→ Instructions to follow:
If a line in the listing contains "below", copy it out whole.

------------------------------------------------------------

ghost use Rattle.std.specs.Prelude.{◌≡◌, ◌++◌, ◌∷◌, [], string_bytes, OnOk, OnErr};
ghost use Rattle.std.specs.List.{concat};
ghost use Rattle.dp_count.specs.Faults.{HasCause};
ghost use Rattle.dp_io.specs.Sink.{appended, AddsFront};

use dp_count::{Failed, NoMemory};
use dp_domain::Text;
use dp_io::{Sink, write_all};
use std::alloc::Global;
use std::marker::Model;

/// Lines of text, each with its line feed. Contracts see the bytes of each.
#[derive(Drop)]
pub(crate) struct Lines {
    lines: Vec<Text>,
}

impl Model for Lines {
    ghost use Rattle.std.specs.Prelude.{ℕ, List};

    ghost Value = { List (List ℕ) };

    ghost view = { λ text. text.lines.items };
}

impl Lines {
    /// No lines.
    pub(crate) fn new(alloc: Global) -> Lines
        ensures { result ≡ [] }
    {
        Lines {
            lines: Vec::new(alloc),
        }
    }

    /// Puts a line at the end.
    pub(crate) fn push(&mut self, line: String) -> Result<(), NoMemory>
        ensures { OnOk result (self.new ≡ self.old ++ string_bytes line ∷ []) }
    {
        self.push_bytes(line.into_bytes())
    }

    /// Puts a line of these bytes at the end.
    pub(crate) fn push_bytes(&mut self, line: Vec<u8>) -> Result<(), NoMemory>
        ensures { OnOk result (self.new ≡ self.old ++ line.items ∷ []) }
    {
        self.lines.push(Text::from_vec(line))?;
        Ok(())
    }

    /// Writes the lines, each in one call. `Failed` comes only where the sink's count of faults rose; the sink then
    /// gained a front of them.
    pub(crate) fn write<K: Sink>(&self, out: &mut K) -> Result<(), Failed>
        ensures written { OnOk result (K.held out.new ≡ appended (K.held out.old) (concat self.now)) }
        ensures front { OnErr result (AddsFront (K.held out.old) (K.held out.new) (concat self.now)) }
        ensures cause { HasCause (K.faults out.old) (K.faults out.new) result }
    {
        for line in self.lines.as_slice() {
            write_all(out, line.as_slice())?;
        }
        Ok(())
    }
}
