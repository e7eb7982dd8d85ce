use dp_count::NoMemory;
use thiserror::Error;

/// Why a text is no pipeline.
#[derive(Clone, Copy, Debug, PartialEq, Eq, Error)]
pub enum PipelineFault {
    /// The text is refused, with a number from 1 to 9.
    ///
    /// | number | why |
    /// |---|---|
    /// | 1 to 3 | a plan is not made: the kind of a domain, a metric, a bound |
    /// | 4, 5 | a plan has no cost: its loss is greater than 2^32, or it takes more than 2^20 draws |
    /// | 6 | the text is no JSON |
    /// | 7 | it is not of a pipeline's form |
    /// | 8 | a number or a name is out of its range |
    /// | 9 | it has more than 2^20 bytes |
    #[error("Refused")]
    Refused(u8),
    /// Memory ran out.
    #[error("NoMemory")]
    NoMemory,
}

impl From<NoMemory> for PipelineFault {
    ghost use Rattle.std.specs.Prelude.{◌≡◌};
    ghost use Rattle.dp_pipeline.specs.declared.faults.PipelineFault.TheVariants as fault;

    ghost from_gives = { λ _ made. made ≡ fault.NoMemory };

    fn from(_: NoMemory) -> Self {
        PipelineFault::NoMemory
    }
}

/// Why a pipeline is not printed.
#[derive(Clone, Copy, Debug, PartialEq, Eq)]
pub enum PrintFault {
    /// The output failed.
    WriteFault,
    /// Memory ran out.
    NoMemory,
}

/// Why a line is no query.
#[derive(Clone, Copy, Debug, PartialEq, Eq, Error)]
pub enum QueryFault {
    /// The line is not of a query's form.
    #[error("Malformed")]
    Malformed,
    /// Memory ran out.
    #[error("NoMemory")]
    NoMemory,
}

impl From<NoMemory> for QueryFault {
    ghost use Rattle.std.specs.Prelude.{◌≡◌};
    ghost use Rattle.dp_pipeline.specs.declared.faults.QueryFault.TheVariants as fault;

    ghost from_gives = { λ _ made. made ≡ fault.NoMemory };

    fn from(_: NoMemory) -> Self {
        QueryFault::NoMemory
    }
}
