ghost use Rattle.std.specs.Prelude.{◌≡◌, length, IfOk};

use crate::{SessionFault, group_text, post_text};
use dp_domain::{Text, Texts};
use dp_draws::{NoDraws, Zeros};
use dp_pipeline::{Pipeline, read_pipeline};
use dp_post::Post;
use dp_store::{Store, store_of};
use std::alloc::Global;
use std::test::Fail;

/// A pipeline of two columns with a plan, the number of all records, and a budget of one unit.
const COUNTED: &[u8] = br#"{"version":1,"columns":["sex","age"],"header":false,"ratio":[1,2],
"distance":1,"root":["filter",1],"plans":{"all":[["count"],["geometric",1,0,5]]}}"#;

/// The pipeline, and the store of three records under it.
fn opened(alloc: Global) -> Result<(Pipeline, Store), Fail>
    ensures { IfOk result (λ found. let store = found.1 in let pipeline = found.0 in
        store.columns ≡ length pipeline.columns) }
{
    let pipeline = read_pipeline(alloc, COUNTED)?;
    let columns = pipeline.columns().len() as u32;
    let store = store_of(alloc, b"F,34\nM,51\nF,7\n", columns, pipeline.header())?;
    Ok((pipeline, store))
}

/// The texts `M` and `F`.
fn both(alloc: Global) -> Result<Texts, Fail> {
    let mut texts = Vec::new(alloc);
    texts.push(Text::from_vec(Vec::from_slice(alloc, b"M")?))?;
    texts.push(Text::from_vec(Vec::from_slice(alloc, b"F")?))?;
    Ok(Texts::from_vec(texts))
}

#[test]
fn a_changed_release_is_two_lines(rt: HostRuntime) -> Result<(), Fail> {
    let alloc = rt.alloc();
    let (pipeline, store) = opened(alloc)?;
    let text = post_text(
        alloc,
        &pipeline,
        &store,
        b"all",
        &[Post::Floor],
        &mut Zeros::new(),
    )?;
    assert_eq!(rt; text.as_str(), "1 answer 3 cost 1 spent 1\nend 1 spent 1\n");
    Ok(())
}

#[test]
fn a_release_by_groups_is_two_lines(rt: HostRuntime) -> Result<(), Fail> {
    let alloc = rt.alloc();
    let (pipeline, store) = opened(alloc)?;
    let text = group_text(
        alloc,
        &pipeline,
        &store,
        b"all",
        b"sex",
        both(alloc)?,
        &mut Zeros::new(),
    )?;
    assert_eq!(rt;
        text.as_str(),
        "1 answer (1;2) cost 1 spent 1\nend 1 spent 1\n"
    );
    Ok(())
}

#[test]
fn a_name_of_no_plan_takes_no_draw(rt: HostRuntime) -> Result<(), Fail> {
    let alloc = rt.alloc();
    let (pipeline, store) = opened(alloc)?;
    let text = post_text(
        alloc,
        &pipeline,
        &store,
        b"some",
        &[Post::Floor],
        &mut NoDraws::new(),
    )?;
    assert_eq!(rt; text.as_str(), "1 refused 1 malformed\nend 1 spent 0\n");
    Ok(())
}

#[test]
fn a_release_without_draws_is_a_draw_fault(rt: HostRuntime) -> Result<(), Fail> {
    let alloc = rt.alloc();
    let (pipeline, store) = opened(alloc)?;
    let told = post_text(
        alloc,
        &pipeline,
        &store,
        b"all",
        &[Post::Floor],
        &mut NoDraws::new(),
    );
    assert!(rt; matches!(told, Err(SessionFault::DrawFault)));
    Ok(())
}
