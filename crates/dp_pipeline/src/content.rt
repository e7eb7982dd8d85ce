use crate::plan::Plans;
use crate::root::RootSpec;
use dp_domain::Texts;

/// Whether queries at a node leave those below it open.
#[derive(Clone, Copy, Debug, PartialEq, Eq)]
pub enum Siblings {
    /// They do.
    Open,
    /// They do not: what is below is frozen.
    Frozen,
}

/// What a pipeline's text says.
#[derive(Debug, Drop)]
pub(crate) struct Content {
    /// The version of the form.
    pub(crate) version: u64,
    /// The names of the columns.
    pub(crate) columns: Texts,
    /// Whether the first record of a data text is left out.
    pub(crate) header: bool,
    /// The smaller number of the ratio.
    pub(crate) p: u64,
    /// The greater number of the ratio.
    pub(crate) q: u64,
    /// The distance of data texts.
    pub(crate) distance: u64,
    /// The budget of the root.
    pub(crate) root: RootSpec,
    /// The releases by name.
    pub(crate) plans: Plans,
    /// The column that names persons, if there is one.
    pub(crate) user: Option<u32>,
    /// Whether siblings stay open, in version 2.
    pub(crate) siblings: Option<Siblings>,
}
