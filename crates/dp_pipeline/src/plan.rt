ghost use Rattle.std.specs.Prelude.{◌≡◌, option_map};
ghost use Rattle.dp_pipeline.specs.Queries.{plan_named};

use crate::spec::Spec;
use crate::stages::is_text;
use dp_domain::{Items, Text};

/// A release by a name.
#[derive(Debug, Drop)]
pub struct Plan {
    /// The name.
    pub name: Text,
    /// The release.
    pub spec: Spec,
}

/// Plans in the order of their names' bytes.
pub type Plans = Items<Plan>;

/// The release of the first plan of that name, if there is one.
#[tactic(auto, unfolding(crate::specs::Queries::plan_named))]
pub(crate) fn plan_named<'a>(plans: &'a [Plan], name: &[u8]) -> Option<&'a Spec>
    ensures { option_map (λ spec. spec.now) result ≡ plan_named plans.now name.now }
{
    for plan in plans {
        if is_text(&plan.name, name) {
            return Some(&plan.spec);
        }
    }
    None
}
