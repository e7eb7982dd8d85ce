ghost use Rattle.std.specs.Prelude.{◌≡◌, map, IfOk, IfSome};
ghost use Rattle.serde_json.specs.View.{view};
ghost use Rattle.dp_budget.specs.declared.budget.Rule.TheVariants as rule;
ghost use Rattle.dp_pipeline.specs.Json.{list_of, count_of};
ghost use Rattle.dp_pipeline.specs.StageForms.{one};
ghost use Rattle.dp_pipeline.specs.Accepted.{IsLimit};
ghost use Rattle.dp_pipeline.specs.RootForms.{rule_by, rule_of};

use crate::json::{array, count, list, text};
use crate::stages::bare;
use dp_budget::Rule;
use dp_count::NoMemory;
use serde_json::Value;
use std::alloc::Global;

/// The budget of the root.
pub type RootSpec = Rule;

/// The budget of a value, if it is an array that begins with a budget's word and goes on by its form.
#[tactic(auto, unfolding(crate::specs::RootForms::rule_of))]
pub(crate) fn rule_from(alloc: Global, value: &Value) -> Result<Option<Rule>, NoMemory>
    ensures reads { IfOk result (λ found. found ≡ rule_of (view value.now)) }
    ensures limit { IfOk result (λ found. IfSome found IsLimit) }
{
    let Some([first, args @ ..]) = array(value) else {
        return Ok(None);
    };
    let Some(word) = text(first) else {
        return Ok(None);
    };
    rule_after(alloc, word, args)
}

/// The budget of a word with its arguments: a line a word.
#[tactic(auto, unfolding(crate::specs::RootForms::rule_by))]
fn rule_after(alloc: Global, word: &str, args: &[Value]) -> Result<Option<Rule>, NoMemory>
    ensures reads { IfOk result (λ found. found ≡ rule_by word.now (map view args.now)) }
    ensures limit { IfOk result (λ found. IfSome found IsLimit) }
{
    match word {
        "compositor" => compositor(alloc, args),
        "filter" => Ok(filter(args)),
        "odometer" => Ok(bare(Rule::Odometer, args)),
        _ => Ok(None),
    }
}

/// `["compositor", [mid, ..]]`
fn compositor(alloc: Global, args: &[Value]) -> Result<Option<Rule>, NoMemory>
    ensures reads { IfOk result (λ found. found ≡ one (list_of count_of) rule.Compositor (map view args.now)) }
    ensures limit { IfOk result (λ found. IfSome found IsLimit) }
{
    let [mids] = args else {
        return Ok(None);
    };
    let Some(mids) = list(alloc, &[], mids)? else {
        return Ok(None);
    };
    Ok(Some(Rule::Compositor(mids)))
}

/// `["filter", limit]`
fn filter(args: &[Value]) -> Option<Rule>
    ensures reads { result ≡ one count_of rule.Filter (map view args.now) }
    ensures limit { IfSome result IsLimit }
{
    let [limit] = args else {
        return None;
    };
    let limit = count(limit)?;
    Some(Rule::Filter(limit))
}
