ghost use Rattle.std.specs.Prelude.{◌≡◌, ◌≤◌, length, IfErr};
ghost use Rattle.dp_num.specs.Fractions.{fraction_of};
ghost use Rattle.dp_pipeline.specs.Accepted.{release_cost, plans_made};
ghost use Rattle.dp_pipeline.specs.Answers.{Answers, IsNumbered};

use crate::faults::PipelineFault;
use crate::place::Place;
use crate::plan::Plan;
use dp_chain::{CostFault, Release, ReleaseSpec};
use dp_law::MakeFault;
use dp_num::Ratio;
use std::alloc::Global;

/// Makes each plan, or answers the number of the first that is refused.
#[tactic(auto, unfolding(crate::specs::Accepted::plans_made))]
pub(crate) fn make_plans(
    alloc: Global,
    ratio: Ratio,
    at: &Place,
    plans: &[Plan],
) -> Result<(), PipelineFault>
    ensures answers { Answers (λ made. made) result (plans_made (fraction_of ratio) at.now plans.now) }
    ensures number { IfErr result IsNumbered }
{
    for plan in plans {
        match release_cost(alloc, ratio, at, plan.spec.parts()) {
            Ok(_) => {}
            Err(fault) => return Err(fault),
        }
    }
    Ok(())
}

/// What the release costs, or the number of its refusal.
#[tactic(auto, unfolding(crate::specs::Accepted::release_cost))]
fn release_cost(
    alloc: Global,
    ratio: Ratio,
    at: &Place,
    parts: &ReleaseSpec,
) -> Result<u64, PipelineFault>
    requires some { 1 ≤ length parts.now }
    requires few { length parts.now ≤ 16 }
    ensures answers { Answers (λ cost. cost) result (release_cost (fraction_of ratio) parts.now at.now) }
    ensures number { IfErr result IsNumbered }
{
    let release = match Release::make(alloc, at.domain(), at.metric(), ratio, parts) {
        Ok(release) => release,
        Err(MakeFault::Kind) => return Err(PipelineFault::Refused(1)),
        Err(MakeFault::Metric) => return Err(PipelineFault::Refused(2)),
        Err(MakeFault::Bound) => return Err(PipelineFault::Refused(3)),
        Err(MakeFault::NoMemory) => return Err(PipelineFault::NoMemory),
    };
    match release.cost(at.distance()) {
        Ok(cost) => Ok(cost),
        Err(CostFault::Distance) => Err(PipelineFault::Refused(4)),
        Err(CostFault::Draws) => Err(PipelineFault::Refused(5)),
    }
}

------------------------------------------------------------

→ Solution for this problem:
/// Whether queries at a node leave those below it open.
    /// They do not: what is below is frozen.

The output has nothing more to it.